Today's stage at the Giro was so tedious that it was almost 50% as boring as the ToC's most interesting stage.


----------



## stevesbike (Jun 3, 2002)

if you don't like the ToC then don't watch it.


----------



## robbyracer (May 30, 2007)

I'm still stoked there is a top level race in my home state. I was really stoked when it stopped in my home town of San Luis Obispo. Hopefully that happens again. I think it was '05 where they actually finished and started again here. It was cool to get to walk around the start area. I chatted with a couple riders and team guys, wished them luck for the day and then watched them roll on to Solvang. =)
I <3 the ToC and hope it continues for many years.


----------



## grrrah (Jul 22, 2005)

albert owen said:


> Today's stage at the Giro was so tedious that it was almost 50% as boring as the ToC's most interesting stage.


please leave a spoiler warning, or keep it to the day's Giro stage thread. I'm still waiting to get home and watch it later. Let me experience the tediousness on my own.


----------



## izzyfly (Jul 10, 2009)

I like the ToC, believe me, I do. Last year, and years prior, it was really epic to see something prior to the grand tours, but with grand tour riders participating. I do think that moving the ToC to May right smack in the middle of the Giro is like doing a simulcast of the TV show Glee with the finale to Dancing with the Stars As mentioned earlier, the difference is so glaring - the intensity, the attacks, the routes, the drama, not to mention the coverage, the Giro is just head and shoulders above ToC especially when you could literally compare them side by side. Should've left the ToC schedule before the Giro, people would appreciate it more, and it would be a natural build-up to the Giro, and (in both races) we'll see a wider diversification of riders, which would have both ToC types, and Giro types. Now they're splitting the pro pool into the ToC riders and the Giro riders, and we're comparing a still young race (ToC) to an establishment (Giro) - I think too much of a "good" thing (Giro and ToC in the same race schedule) is not good. p.s. If the weather was a concern/motivation to moving the ToC to May, that's prolly water under the bridge (no pun intended), as we're probably having as much rain in May as we had in March:cryin:


----------



## Kaleo (Jun 15, 2008)

stevesbike said:


> if you don't like the ToC then don't watch it.

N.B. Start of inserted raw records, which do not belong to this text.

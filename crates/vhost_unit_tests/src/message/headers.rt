//! Headers as they are shown.

use crate::texts::has_fields;
use vhost_gpu_message::{GpuBackendReq, VhostUserGpuMsgHeader};
use vhost_message::{FrontendReq, VhostUserMsgHeader};

#[test]
fn of_a_reply(rt: HostRuntime) {
    let reply = VhostUserMsgHeader::new(FrontendReq::GET_FEATURES, 4, 24);
    let fields = "VhostUserMsgHeader { request: 1, flags: 5, size: 24 }";
    assert!(rt; has_fields(rt.alloc(), &reply, fields));
}

#[test]
fn of_a_display(rt: HostRuntime) {
    let reply = VhostUserGpuMsgHeader::new(GpuBackendReq::GET_EDID, 4, 1056);
    let fields = "VhostUserGpuMsgHeader { request: 11, flags: 4, size: 1056 }";
    assert!(rt; has_fields(rt.alloc(), &reply, fields));
}
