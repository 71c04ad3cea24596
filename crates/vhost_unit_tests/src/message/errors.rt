//! The texts of errors.

use crate::texts::{are_shown, is_shown};
use std::alloc::Global;
use vhost_message::{Error, IoCause, IoError, VhostUserProtocolFeatures, VhostUserVirtioFeatures};

static PLAIN: [(Error, &str); 15] = [
    (Error::InvalidParam, "invalid parameters"),
    (Error::InvalidMessage, "invalid message"),
    (Error::NotUnixSocket, "socket is not AF_UNIX"),
    (Error::NotStreamSocket, "socket is not SOCK_STREAM"),
    (Error::PartialMessage, "partial message"),
    (Error::Disconnected, "peer disconnected"),
    (Error::OversizedMsg, "oversized message"),
    (Error::IncorrectFds, "wrong number of attached fds"),
    (Error::BackendInternalError, "backend internal error"),
    (Error::FrontendInternalError, "Frontend internal error"),
    (Error::FeatureMismatch, "virtio/protocol features mismatch"),
    (
        Error::MemFdCreateError,
        "handler failed to allocate memfd during get_inflight_fd",
    ),
    (
        Error::FileTruncateError,
        "handler failed to truncate memfd during get_inflight_fd",
    ),
    (
        Error::MemFdSealError,
        "handler failed to apply seals to memfd during get_inflight_fd",
    ),
    (Error::OutOfMemory, "out of memory"),
];

static WITH_A_PART: [(Error, &str); 9] = [
    (
        Error::InvalidOperation("not now"),
        "invalid operation: not now",
    ),
    (
        Error::InactiveFeature(VhostUserVirtioFeatures::PROTOCOL_FEATURES),
        "inactive feature: 1073741824",
    ),
    (
        Error::InactiveOperation(VhostUserProtocolFeatures::SHMEM),
        "inactive protocol operation: 4194304",
    ),
    (
        Error::InvalidSocketFd(IoCause::Raw(88)),
        "invalid AF_UNIX SOCK_STREAM socket fd: os error 88",
    ),
    (
        Error::SocketError(IoCause::Raw(9)),
        "socket error: os error 9",
    ),
    (
        Error::SocketConnect(IoCause::Raw(13)),
        "can't connect to peer: os error 13",
    ),
    (
        Error::SocketBroken(IoCause::Named("closed")),
        "socket is broken: closed",
    ),
    (
        Error::SocketRetry(IoCause::Raw(-4)),
        "temporary socket error: os error -4",
    ),
    (
        Error::ReqHandlerError(IoCause::Named("no device")),
        "handler failed to handle request: no device",
    ),
];

#[test]
fn plain_texts(rt: HostRuntime) {
    assert!(rt; are_shown(rt.alloc(), &PLAIN));
}

#[test]
fn texts_with_a_part(rt: HostRuntime) {
    assert!(rt; are_shown(rt.alloc(), &WITH_A_PART));
}

/// Errors of a handler, each with its text, and that of its cause.
static OF_HANDLERS: [(IoError, &str, &str); 4] = [
    (IoError::Raw(38), "os error 38", "os error 38"),
    (IoError::Named("busy"), "busy", "busy"),
    (
        IoError::Of(Error::PartialMessage),
        "partial message",
        "vhost-user error",
    ),
    (
        IoError::In("recv_body", Error::SocketBroken(IoCause::Raw(5))),
        "recv_body: socket is broken: os error 5",
        "recv_body",
    ),
];

/// Whether each error and its cause are shown as the texts beside it.
fn are_told(alloc: Global, cases: &[(IoError, &str, &str)]) -> bool {
    for (error, text, cause) in cases {
        if !is_shown(alloc, error, text) || !is_shown(alloc, &error.cause(), cause) {
            return false;
        }
    }
    true
}

#[test]
fn errors_of_handlers(rt: HostRuntime) {
    assert!(rt; are_told(rt.alloc(), &OF_HANDLERS));
}
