//! Records of the wagon and intermodal unit operational database (Regulation (EU) No 1305/2014, Annex, 4.2.11).
//!
//! - [`record_of`] makes the record of a wagon from its track: the plan's terms, the stage, status and place, the leg
//!   index, the responsible railway, the estimates with the time of arrival and whether it is late, the events, and the
//!   intermodal units that the plan loads on this wagon (`specs/Records.antt`). [`record_with`] makes the same for a
//!   caller that has the track's estimates.
//! - [`may_see`] says whether a railway may see it: the lead and the railways of the legs may.
//!
//! | stage | status, loaded | status, empty |
//! |---|---|---|
//! | planned, released | loading | fleet control |
//! | running, in yard, offered, arrived | loaded on journey | empty on journey |
//! | delivered | unloading | fleet control |
//!
//! Promised: the record is exactly the one that the definitions give for the track's events. `record_of` and
//! `record_with` take memory for their lists, and `may_see` none.
#![tactic(auto)]

mod record;

pub use record::{may_see, record_of, record_with};
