ghost use Rattle.std.specs.Prelude.{◌≡◌, ◌<◌, ◌≤◌, ◌+◌, ◌^◌, bytes_eq, true, Some, IfOk};
ghost use Rattle.std.specs.List.{list_any};
ghost use Rattle.journey.specs.Checks.{is_lead};
ghost use Rattle.journey.specs.Legs.{HasRoom, HaveRoom};
ghost use Rattle.journey.specs.JourneyStates.{journey_state};
ghost use Rattle.eti_chain.specs.EstimateStates.{estimates_state};
ghost use Rattle.eti_chain.specs.Estimates as of;
ghost use Rattle.wimo.specs.Records as records;

use eti_chain::Estimates;
use journey::{Event, EventBody, Track};
use std::alloc::{AllocError, Global};
use taf_codes::{Memory, Railway};
use taf_messages::{
    EstimateAt, EstimateList, LegIndex, Listed, Record, RecordEvent, RecordEventKind, RecordEvents,
    Stage, Status, Units,
};
use trip_plan::{Leg, Load, UnitLoad};
use wagon_number::WagonNumber;

/// What is shown of a wagon: its record, from its track, of which no estimate passes the calendar. It walks the events
/// for the estimates; [`record_with`] is for a caller that has them.
pub fn record_of(alloc: Global, track: &Track) -> Result<Record, Memory>
    requires { of.fits track.now.events ≡ true }
    ensures { IfOk result (λ r. records.record_of track.now.wagon track.now.events ≡ Some r) }
{
    record_with(alloc, track, &Estimates::of(track))
}

/// The same record, from the track and its estimates.
pub fn record_with(
    alloc: Global,
    track: &Track,
    estimates: &Estimates<'_>,
) -> Result<Record, Memory>
    requires { estimates.now ≡ estimates_state track.now.events }
    ensures { IfOk result (λ r. records.record_of track.now.wagon track.now.events ≡ Some r) }
{
    let plan = track.plan();
    let stage = track.stage();
    let eta = estimates.eta();
    Ok(Record {
        wagon: track.wagon(),
        lead: plan.lead(),
        consignment: plan.consignment(),
        load: plan.load(),
        commit: plan.commit(),
        stage,
        status: status(stage, plan.load()),
        leg: leg_number(track.leg_index()),
        place: track.place(),
        responsible: track.responsible(),
        estimates: estimates_of(alloc, track, estimates)?,
        eta,
        late: estimates.is_late_with(eta),
        events: events_of(alloc, track.events())?,
        units: units_on(alloc, plan.units(), track.wagon())?,
    })
}

/// Whether the railway may see the wagon's record: the lead and the railways of the legs may.
pub fn may_see(track: &Track, by: Railway) -> bool
    ensures { result ≡ records.may_see track.now.events by }
{
    is_lead(track, by) || runs_a_leg(track.legs(), by)
}

fn is_lead(track: &Track, by: Railway) -> bool
    ensures { result ≡ is_lead (journey_state track.now.events) by }
{
    track.journey_state().lead == Some(by)
}

fn runs_a_leg(legs: &[Leg], by: Railway) -> bool
    ensures { result ≡ list_any (λ l. bytes_eq l.ru by) legs.now }
{
    legs.iter().any(|leg| leg.ru == by)
}

fn status(stage: Stage, load: Load) -> Status
    ensures { result ≡ records.status stage load }
{
    match stage {
        Stage::Planned | Stage::Released => by_load(load, Status::Loading, Status::FleetControl),
        Stage::Delivered => by_load(load, Status::Unloading, Status::FleetControl),
        _ => by_load(load, Status::LoadedOnJourney, Status::EmptyOnJourney),
    }
}

fn by_load(load: Load, loaded: Status, empty: Status) -> Status
    ensures { result ≡ records.by_load load loaded empty }
{
    match load {
        Load::Loaded => loaded,
        Load::Empty => empty,
    }
}

fn leg_number(leg: usize) -> LegIndex
    requires { leg < 8 }
    ensures { result ≡ leg }
{
    match LegIndex::new(leg as u64) {
        Some(leg) => leg,
        None => unreachable!(),
    }
}

// All estimates, by their legs.
fn estimates_of(
    alloc: Global,
    track: &Track,
    estimates: &Estimates<'_>,
) -> Result<EstimateList, AllocError>
    requires { estimates.now ≡ estimates_state track.now.events }
    ensures { IfOk result (λ l. l ≡ of.estimates track.now.events) }
{
    let legs = track.legs().len();
    let mut shown = Vec::with_capacity(alloc, legs)?;
    let mut each = estimates.in_turn_from(0);
    for leg in 0..legs {
        if let Some(at) = each.next_estimate() {
            let leg = leg_number(leg);
            shown.push(EstimateAt { leg, at })?;
        }
    }
    Ok(Listed::from_vec(shown))
}

// The events as they are shown.
fn events_of(alloc: Global, events: &[Event]) -> Result<RecordEvents, AllocError>
    requires { HaveRoom 0 events.now }
    ensures { IfOk result (λ l. l ≡ records.record_events 0 events.now) }
{
    let mut shown = Vec::with_capacity(alloc, events.len())?;
    let mut current = 0;
    for event in events {
        let what = shown_as(current, &event.body);
        shown.push_reserved(recorded(event, what));
        current = event.body.leg_index_after(current);
    }
    Ok(Listed::from_vec(shown))
}

// An event of which this is shown.
fn recorded(event: &Event, what: RecordEventKind) -> RecordEvent
    ensures { result ≡ record
        { by = event.now.by; no = event.now.no; at = event.now.at; what = what } }
{
    RecordEvent {
        by: event.by,
        no: event.no,
        at: event.at,
        what,
    }
}

fn shown_as(current: usize, body: &EventBody) -> RecordEventKind
    requires { HasRoom current body.now }
    ensures { result ≡ records.event_kind_on current body.now }
{
    match body {
        EventBody::Planned(_) => RecordEventKind::Planned,
        EventBody::Moved(what) => RecordEventKind::Moved(*what),
        EventBody::EstimateAsked => RecordEventKind::EstimateAsked,
        EventBody::LegTimed { leg, minutes } => RecordEventKind::LegTimed {
            leg: *leg,
            minutes: *minutes,
        },
        EventBody::Offered { place, to: _ } => RecordEventKind::Offered { place: *place },
        EventBody::Answered { place: _, received } => RecordEventKind::Answered {
            received: *received,
        },
        EventBody::Withdrawn { place: _ } => RecordEventKind::Withdrawn,
        EventBody::Rerouted(route) => {
            let _legs = route.legs();
            RecordEventKind::Rerouted {
                leg: leg_number(current + 1),
            }
        }
    }
}

// The units that are loaded on the wagon, in the plan's order.
fn units_on(alloc: Global, loads: &[UnitLoad], wagon: WagonNumber) -> Result<Units, AllocError>
    ensures { IfOk result (λ l. l ≡ records.units_among loads.now wagon) }
{
    let mut units = Vec::new(alloc);
    for loaded in loads {
        if loaded.wagon == wagon {
            units.push(loaded.unit)?;
        }
    }
    Ok(Listed::from_vec(units))
}
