//! What was done with a device in memory, as lists that only clauses read.

ghost use Rattle.std.specs.Prelude.{ℕ, List};
ghost use Rattle.std.specs.Borrow.{ftrue};
ghost use Rattle.device.specs.Record.{DeviceCall, Write, Sync};

use index_model::{Noted, Reckons};
use std::marker::Model;

/// The bytes that a device began with, and its writes and syncs since, the oldest first. None is made: it is
/// the type of one that is noted.
pub struct Past {
    pub ghost start: { List ℕ },
    pub ghost calls: { List DeviceCall },
}

impl Model for Past {
    ghost also_owns = { λ _. ftrue };
}

/// That a device was synced.
#[derive(Clone, Copy)]
pub struct Synced {}

/// It began with these bytes, and no call was made.
impl Reckons<Vec<u8>> for Past {
    ghost use Rattle.device.specs.Past.{begun_with};

    ghost reckoned = { λ bytes. begun_with bytes.items };
}

/// These bytes were written there.
impl<'a> Reckons<(&'a Noted<Past>, u64, &'a [u8])> for Past {
    ghost use Rattle.device.specs.Past.{with_call};

    ghost reckoned = { λ x. with_call (Write x.1 x.2.now) x.0.now.value };
}

/// It was synced.
impl<'a> Reckons<(&'a Noted<Past>, Synced)> for Past {
    ghost use Rattle.device.specs.Past.{with_call};

    ghost reckoned = { λ x. with_call Sync x.0.now.value };
}
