impl<S: Start> Device for FileDevice<S> {
    ghost trace = { λ d. after_calls (S.Start.bytes d.len) d.events.value };

    ghost failures = { λ d. failed_in d.events.value };

    ghost is_honest = { λ d. are_right (S.Start.bytes d.len) d.events.value };

    ghost small = { λ d. d.small };

    fn len(&self) -> u64 {
        self.len
    }

    fn error(&self) -> Option<Error> {
        self.error
    }

    fn read_at(&mut self, at: u64, buf: &mut [u8]) -> Result<(), Fault>
        requires range { at + length buf.old ≤ length (after_calls
            (S.Start.bytes self.old.len) self.old.events.value).now.seen }
        ensures read { IsTrue (are_right (S.Start.bytes self.new.len) self.new.events.value)
            → OnOk result (Reads (after_calls (S.Start.bytes self.old.len) self.old.events.value)
            at buf.old buf.new) }
        ensures honest { IsTrue (are_right (S.Start.bytes self.new.len) self.new.events.value)
            ↔ (IsTrue (are_right (S.Start.bytes self.old.len) self.old.events.value)
            × OnOk result (Reads (after_calls (S.Start.bytes self.old.len) self.old.events.value)
            at buf.old buf.new)) }
        ensures trace { after_calls (S.Start.bytes self.new.len) self.new.events.value
            ≡ after_calls (S.Start.bytes self.old.len) self.old.events.value }
        ensures failures { CountsFailures result (failed_in self.old.events.value)
            (failed_in self.new.events.value) }
        ensures stopped { self.old.stopped ≡ true → result ≡ Err Fault.Io }
        ensures stays { self.new.stopped ≡ self.old.stopped }
    {
        if self.stopped {
            return Err(self.refuse());
        }
        match self.locked.file.read_exact_at(buf, at) {
            Ok(()) => {
                self.events = reckon(&(0, at, buf.len() as u64, true, &*buf, &self.events));
                Ok(())
            }
            Err(error) => {
                self.error = Some(error);
                self.events = reckon(&(0, at, 0, false, NO_BYTES, &self.events));
                Err(Fault::Io)
            }
        }
    }

    fn write_at(&mut self, at: u64, bytes: &[u8]) -> Result<(), Fault>
        requires range { at + length bytes.now ≤ length (after_calls
            (S.Start.bytes self.old.len) self.old.events.value).now.seen }
        ensures trace { Writes at bytes.now result
            (after_calls (S.Start.bytes self.old.len) self.old.events.value)
            (after_calls (S.Start.bytes self.new.len) self.new.events.value) }
        ensures len { length (after_calls (S.Start.bytes self.new.len) self.new.events.value).now.seen
            ≡ length (after_calls (S.Start.bytes self.old.len) self.old.events.value).now.seen }
        ensures honest { are_right (S.Start.bytes self.new.len) self.new.events.value
            ≡ are_right (S.Start.bytes self.old.len) self.old.events.value }
        ensures failures { CountsFailures result (failed_in self.old.events.value)
            (failed_in self.new.events.value) }
        ensures stopped { self.old.stopped ≡ true → result ≡ Err Fault.Io }
        ensures stops { OnErr result (self.new.stopped ≡ true) }
        // One that was made and failed leaves any bytes in its range; one that was not made leaves all as it
        // was.
        ensures loose { self.old.stopped ≡ false → OnErr result
            (after_calls (S.Start.bytes self.new.len) self.new.events.value
            ≡ next (wrote at bytes.now
            (after_calls (S.Start.bytes self.old.len) self.old.events.value).now)
            (after_calls (S.Start.bytes self.old.len) self.old.events.value)) }
        ensures not_made { self.old.stopped ≡ true
            → after_calls (S.Start.bytes self.new.len) self.new.events.value
            ≡ after_calls (S.Start.bytes self.old.len) self.old.events.value }
    {
        if self.stopped {
            return Err(self.refuse());
        }
        match self.locked.write(at, bytes) {
            Ok(()) => {
                self.events = reckon(&(1, at, bytes.len() as u64, true, bytes, &self.events));
                Ok(())
            }
            Err(error) => Err(self.stop(error, 1, at, bytes)),
        }
    }

    fn sync(&mut self) -> Result<(), Fault>
        ensures trace { Syncs result
            (after_calls (S.Start.bytes self.old.len) self.old.events.value)
            (after_calls (S.Start.bytes self.new.len) self.new.events.value) }
        ensures len { length (after_calls (S.Start.bytes self.new.len) self.new.events.value).now.seen
            ≡ length (after_calls (S.Start.bytes self.old.len) self.old.events.value).now.seen }
        ensures honest { are_right (S.Start.bytes self.new.len) self.new.events.value
            ≡ are_right (S.Start.bytes self.old.len) self.old.events.value }
        ensures failures { CountsFailures result (failed_in self.old.events.value)
            (failed_in self.new.events.value) }
        ensures stopped { self.old.stopped ≡ true → result ≡ Err Fault.Io }
        ensures stops { OnErr result (self.new.stopped ≡ true) }
    {
        if self.stopped {
            return Err(self.refuse());
        }
        match self.locked.sync() {
            Ok(()) => {
                self.events = reckon(&(2, 0, 0, true, NO_BYTES, &self.events));
                Ok(())
            }
            Err(error) => Err(self.stop(error, 2, 0, &[])),
        }
    }
}
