//! What a device is.

ghost use Rattle.std.specs.Prelude.{◌≡◌, ◌+◌, ◌^◌, ◌≤◌, ◌<◌, ◌↔◌, ℕ, Bool, IsTrue, length, OnOk};
ghost use Rattle.device.specs.Disk.{Trace, Reads, Writes, Syncs, CountsFailures};

use index_model::Fault;
use std::io::Error;

/// A device of a fixed number of bytes, which may fail, and whose writes a crash may tear until they
/// are synced.
///
/// Contracts see its bytes as a read gives them and which of them a crash may change, now and at each
/// moment so far; how many calls have failed; and whether each answer so far was one that this model
/// allows. A memory device always keeps the model; a file may break it, by a read that gives other
/// bytes than those that were written.
pub trait Device {
    /// The bytes as read and which of them a crash may change, now and at each earlier moment.
    ghost trace: { Self → Trace };

    /// How many calls have failed.
    ghost failures: { Self → ℕ };

    /// Each answer so far was one that the model allows.
    ghost is_honest: { Self → Bool };

    /// How many bytes it has. This never changes.
    fn len(&self) -> u64
        ensures { result ≡ length (trace self.now).now.seen };

    /// What the system said of the last call that failed and was made, if the device is of a system. No
    /// clause tells of it.
    fn error(&self) -> Option<Error> {
        None
    }

    /// Reads the bytes from `at` on. At `Io` the buffer holds any bytes, and the device is as it
    /// was.
    fn read_at(&mut self, at: u64, buf: &mut [u8]) -> Result<(), Fault>
        requires range { at + length buf.old ≤ length (trace self.old).now.seen }
        // What is read is what is there, if the device keeps the model.
        ensures read { IsTrue (is_honest self.new)
            → OnOk result (Reads (trace self.old) at buf.old buf.new) }
        ensures honest { IsTrue (is_honest self.new) ↔ (IsTrue (is_honest self.old)
            × OnOk result (Reads (trace self.old) at buf.old buf.new)) }
        ensures trace { trace self.new ≡ trace self.old }
        ensures failures { CountsFailures result (failures self.old) (failures self.new) };

    /// Writes the bytes from `at` on. Until the next sync a crash may leave any bytes there. At `Io`
    /// nothing was written, or the range holds any bytes from now on.
    fn write_at(&mut self, at: u64, bytes: &[u8]) -> Result<(), Fault>
        requires range { at + length bytes.now ≤ length (trace self.old).now.seen }
        ensures trace { Writes at bytes.now result (trace self.old) (trace self.new) }
        ensures len { length (trace self.new).now.seen ≡ length (trace self.old).now.seen }
        ensures honest { is_honest self.new ≡ is_honest self.old }
        ensures failures { CountsFailures result (failures self.old) (failures self.new) };

    /// Makes all that was written stand through a crash, also what an earlier sync that failed did not. At
    /// `Io` the device is as it was. A device whose later syncs may pass over what a failed one lost, as
    /// those of a file do, refuses each call from that failure on.
    fn sync(&mut self) -> Result<(), Fault>
        ensures trace { Syncs result (trace self.old) (trace self.new) }
        ensures len { length (trace self.new).now.seen ≡ length (trace self.old).now.seen }
        ensures honest { is_honest self.new ≡ is_honest self.old }
        ensures failures { CountsFailures result (failures self.old) (failures self.new) };

    /// Offsets and their sums fit into a word.
    ghost small: { (device : Self) → length (trace device).now.seen < 2 ^ 63 };
}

I didn't, but that's not because I didn't want to. Versus made next to impossible for me, and then being on the other coast, made it harder for me to catch. Although it just seems to lack pozzazz... Sorry, but the Giro is really a historic event, cycling wise, it's like putting another football game on with the Super Bowl is on. Not to be-little Levi and company, but it's perceived as a training ride, and for some the Giro is also seen as such. I know we're dying for a grand cycling event in this country, but we've tried before. Coors Classic, Tour De Trump, Tour of Georgia, Corestates... seems illogical that we don't have a major stage race.


----------



## rubbersoul (Mar 1, 2010)

stevesbike said:


> if you don't like the ToC then don't watch it.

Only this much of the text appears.